PROVIDED RECORDS -
::::::::
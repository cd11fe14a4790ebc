//! The Asymmetric Namespace Access log page of each controller (Base 2.0, section 5.16.1.13): which ANA
//! groups a configuration shows to a host by the controllers of a subsystem on a port, in which states,
//! how often edits changed that, for each controller, and the page's bytes from any offset. It knows no
//! connection and no command.
#![tactic(auto)]

mod bodies;
pub mod counts;
pub mod group_changes;
pub mod group_list;
mod groups;
pub mod laws;
mod page;
pub mod plan;
mod state;
mod subsystem;
pub mod view;

pub use counts::AnaCounts;
pub use group_changes::GroupChanges;
pub use group_list::AnaGroup;
pub use plan::Plan;
pub use view::AnaView;
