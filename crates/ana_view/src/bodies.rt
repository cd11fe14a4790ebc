//! The ANA groups of each subsystem on each port, ready for each host.
ghost use Rattle.std.specs.Prelude.{◌≡◌, ◌≤◌, ◌<◌, [], None, IfOk, OnOk};
ghost use Rattle.tables.specs.NameTable.{value_of};
ghost use Rattle.tables.specs.Variants.{count_at};
ghost use Rattle.ana_view.specs.Bodies.{AreSet, no_variants};
ghost use Rattle.ana_view.specs.Reached.{AreVariantsOf};
ghost use Rattle.ana_view.specs.View.{AreFew, IsPlannedFor, IsShownAfter, ShowsAna};
ghost use Rattle.ana_view.specs.View.{everyone, groups_in, one_host};

use crate::group_list::AnaGroup;
use crate::plan::{EveryoneGroups, HostGroups};
use crate::subsystem::SubsystemGroups;
use nvt_config::Config;
use std::alloc::{AllocError, Global};
use std::marker::Model;
use tables::{NameTable, VariantTable, Variants};

/// By a subsystem's name its groups: those that strangers see, and of each host that is shown one of
/// its namespaces those that it sees. Hosts that are shown none share those of strangers.
#[derive(Drop)]
pub(crate) struct Bodies {
    subsystems: VariantTable<SubsystemGroups>,
}

impl Model for Bodies {
    ghost use Rattle.ana_view.specs.View.{ViewState};

    ghost Value = { ViewState };

    ghost view = { λ b. record {
      shown = record { subsystems = b.subsystems.values };
      room = b.subsystems.room;
    } };
}

impl Bodies {
    ghost use Rattle.ana_view.specs.Bodies.{AddsVariants};

    /// Those of a configuration.
    pub(crate) fn of(alloc: Global, config: &Config) -> Result<Bodies, AllocError>
        ensures { IfOk result (λ bodies. ShowsAna config.now bodies.shown) }
    {
        let mut bodies = Bodies {
            subsystems: VariantTable::new(alloc),
        };
        for subsystem in config.subsystems() {
            bodies.add(alloc, config, subsystem.nqn.as_bytes())?;
        }
        Ok(bodies)
    }

    /// Those of a subsystem on a port that a host sees: none where the subsystem is not there.
    pub(crate) fn get(&self, host: &[u8], subsystem: &[u8], port: u16) -> &[AnaGroup]
        ensures lent { result.now ≡ groups_in self.now.shown host.now subsystem.now port }
        ensures few { AreFew result.now }
    {
        match self.subsystems.get(subsystem, host) {
            Some(groups) => groups.on(port),
            None => &[],
        }
    }

    /// Makes room for one subsystem more.
    pub(crate) fn reserve(&mut self) -> Result<(), AllocError>
        ensures room { OnOk result (1 ≤ self.new.room) }
        ensures kept { self.new.shown ≡ self.old.shown }
    {
        self.subsystems.reserve()
    }

    /// Room for the groups of one more host of a subsystem.
    pub(crate) fn room_for_host(
        &self,
        alloc: Global,
        subsystem: &[u8],
    ) -> Result<NameTable<SubsystemGroups>, AllocError>
        ensures empty { IfOk result (λ room. room.values ≡ []) }
        ensures wide { IfOk result
            (λ room. count_at self.now.shown.subsystems subsystem.now < room.room) }
    {
        self.subsystems.room_for_own(alloc, subsystem)
    }

    /// Puts the groups of a subsystem in the place of those of before. Takes no memory.
    pub(crate) fn replace(&mut self, reached: EveryoneGroups)
        requires { IsPlannedFor self.old (everyone reached) }
        ensures { IsShownAfter self.old.shown (everyone reached) self.new.shown }
    {
        let EveryoneGroups {
            subsystem,
            before,
            after,
        } = reached;
        drop(before);
        self.set(subsystem, after);
    }

    /// Puts the groups of one host of a subsystem in the place of those of before, or takes these away:
    /// then the host sees what strangers see. Takes no memory.
    pub(crate) fn replace_of_host(&mut self, reached: HostGroups)
        requires { IsPlannedFor self.old (one_host reached) }
        ensures { IsShownAfter self.old.shown (one_host reached) self.new.shown }
    {
        let HostGroups {
            subsystem,
            host,
            before,
            after,
            nobody,
            is_own,
            room,
        } = reached;
        drop(before);
        if is_own {
            self.subsystems
                .put_own_within(subsystem, host, after, nobody, room);
        } else {
            self.subsystems.remove_own(subsystem, host.as_slice());
        }
    }

    // Sets the groups of a subsystem, for which there is room. Where nobody sees a namespace of it, it
    // takes no place. Takes no memory.
    fn set(&mut self, subsystem: Vec<u8>, groups: Variants<SubsystemGroups>)
        requires { 1 ≤ self.old.room }
        ensures set { AreSet self.old.shown subsystem.items groups self.new.shown }
        ensures sparse { groups ≡ no_variants
            → value_of self.new.shown.subsystems subsystem.items ≡ None }
    {
        if groups.is_uniform() && groups.common().is_empty() {
            self.subsystems.remove(subsystem.as_slice());
        } else {
            self.subsystems.put_within(subsystem, groups);
        }
    }

    // Sets those that a subsystem has in a configuration.
    fn add(&mut self, alloc: Global, config: &Config, subsystem: &[u8]) -> Result<(), AllocError>
        ensures { OnOk result (AddsVariants config.now self.old.shown subsystem.now self.new.shown) }
    {
        let name = Vec::from_slice(alloc, subsystem)?;
        self.reserve()?;
        let groups = groups_of(alloc, config, subsystem)?;
        self.set(name, groups);
        Ok(())
    }
}

/// The groups of a subsystem: those that strangers see, and of each host that is shown one of its
/// namespaces those that it sees.
pub(crate) fn groups_of(
    alloc: Global,
    config: &Config,
    subsystem: &[u8],
) -> Result<Variants<SubsystemGroups>, AllocError>
    ensures { IfOk result (AreVariantsOf config.now subsystem.now) }
{
    let strangers = SubsystemGroups::of(alloc, &config.seen_by_strangers(), subsystem)?;
    let mut groups = Variants::new(alloc, strangers);
    for show in config.shows() {
        let host = show.host.as_bytes();
        if show.subsystem.as_bytes() == subsystem && groups.own(host).is_none() {
            let own = SubsystemGroups::of(alloc, &config.seen_by(host), subsystem)?;
            groups.put(alloc, host, own)?;
        }
    }
    Ok(groups)
}
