//! What an edit makes of the ANA groups.
ghost use Rattle.std.specs.Prelude.{◌≡◌};
ghost use Rattle.ana_view.specs.View.{reached_in};

use crate::subsystem::SubsystemGroups;
use std::marker::Model;
use tables::{NameTable, Variants};

/// What an edit will make of a view. It keeps no configuration: of the one subsystem whose groups the
/// edit may change, those before it and those after it, for each host that sees them otherwise than
/// strangers do, or for the one host that it reaches. By them each controller counts what changes
/// (`AnaCounts::note`). An allow, a host or a port reaches no subsystem, and its plan keeps nothing.
#[derive(Drop)]
pub struct Plan {
    pub(crate) reached: Reached,
}

#[derive(Drop)]
pub(crate) enum Reached {
    Nothing,
    Everyone(EveryoneGroups),
    Host(HostGroups),
}

/// The groups of a subsystem, before an edit and after it.
#[derive(Drop)]
pub(crate) struct EveryoneGroups {
    pub(crate) subsystem: Vec<u8>,
    pub(crate) before: Variants<SubsystemGroups>,
    pub(crate) after: Variants<SubsystemGroups>,
}

/// The groups of one host, before an edit that reaches that host alone, and after it.
#[derive(Drop)]
pub(crate) struct HostGroups {
    pub(crate) subsystem: Vec<u8>,
    pub(crate) host: Vec<u8>,
    pub(crate) before: SubsystemGroups,
    pub(crate) after: SubsystemGroups,
    // What strangers see of a subsystem that is not there yet.
    pub(crate) nobody: SubsystemGroups,
    // Whether the host is shown a namespace of the subsystem after the edit.
    pub(crate) is_own: bool,
    pub(crate) room: NameTable<SubsystemGroups>,
}

/// The groups of one subsystem that one host sees, before an edit and after it, lent.
#[derive(Drop)]
pub(crate) struct ReachedGroups<'a> {
    pub(crate) before: &'a SubsystemGroups,
    pub(crate) after: &'a SubsystemGroups,
}

impl Model for EveryoneGroups {
    ghost use Rattle.ana_view.specs.View.{EveryoneReached};

    ghost Value = { EveryoneReached };

    ghost view = { λ r. record { subsystem = r.subsystem.items; before = r.before; after = r.after } };
}

impl Model for HostGroups {
    ghost use Rattle.std.specs.Prelude.{◌≡◌};
    ghost use Rattle.ana_view.specs.Bodies.{no_groups};
    ghost use Rattle.ana_view.specs.View.{HostReached};

    ghost Value = { HostReached };

    ghost view = { λ r. record {
      subsystem = r.subsystem.items;
      host = r.host.items;
      before = r.before;
      after = r.after;
      is_own = r.is_own;
      room = r.room;
    } };

    ghost invariant = { λ r. r.nobody ≡ no_groups };
}

impl<'a> Model for ReachedGroups<'a> {
    ghost use Rattle.ana_view.specs.View.{BeforeAfter};

    ghost Value = { BeforeAfter };

    ghost view = { λ r. record { before = r.before.now; after = r.after.now } };
}

impl Model for Plan {
    ghost use Rattle.ana_view.specs.Plan.{planned};
    ghost use Rattle.ana_view.specs.View.{Planned};

    ghost Value = { Planned };

    ghost view = { λ plan. planned plan.reached };
}

impl Plan {
    /// The groups of a subsystem that a host sees, before the edit and after it, where the plan reaches
    /// them.
    pub(crate) fn reached(&self, host: &[u8], subsystem: &[u8]) -> Option<ReachedGroups<'_>>
        ensures { result ≡ reached_in self.now host.now subsystem.now }
    {
        match &self.reached {
            Reached::Everyone(reached) if subsystem == reached.subsystem.as_slice() => {
                Some(ReachedGroups {
                    before: reached.before.get(host),
                    after: reached.after.get(host),
                })
            }
            Reached::Host(reached)
                if subsystem == reached.subsystem.as_slice() && host == reached.host.as_slice() => {
                Some(ReachedGroups {
                    before: &reached.before,
                    after: &reached.after,
                })
            }
            _ => None,
        }
    }
}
::::::::
TASK INSTRUCTIONS - Going through the listing above, please work out how many lines contain the word "AreVariantsOf", and give the number alone.

OUTPUT OF THE EXERCISE - 2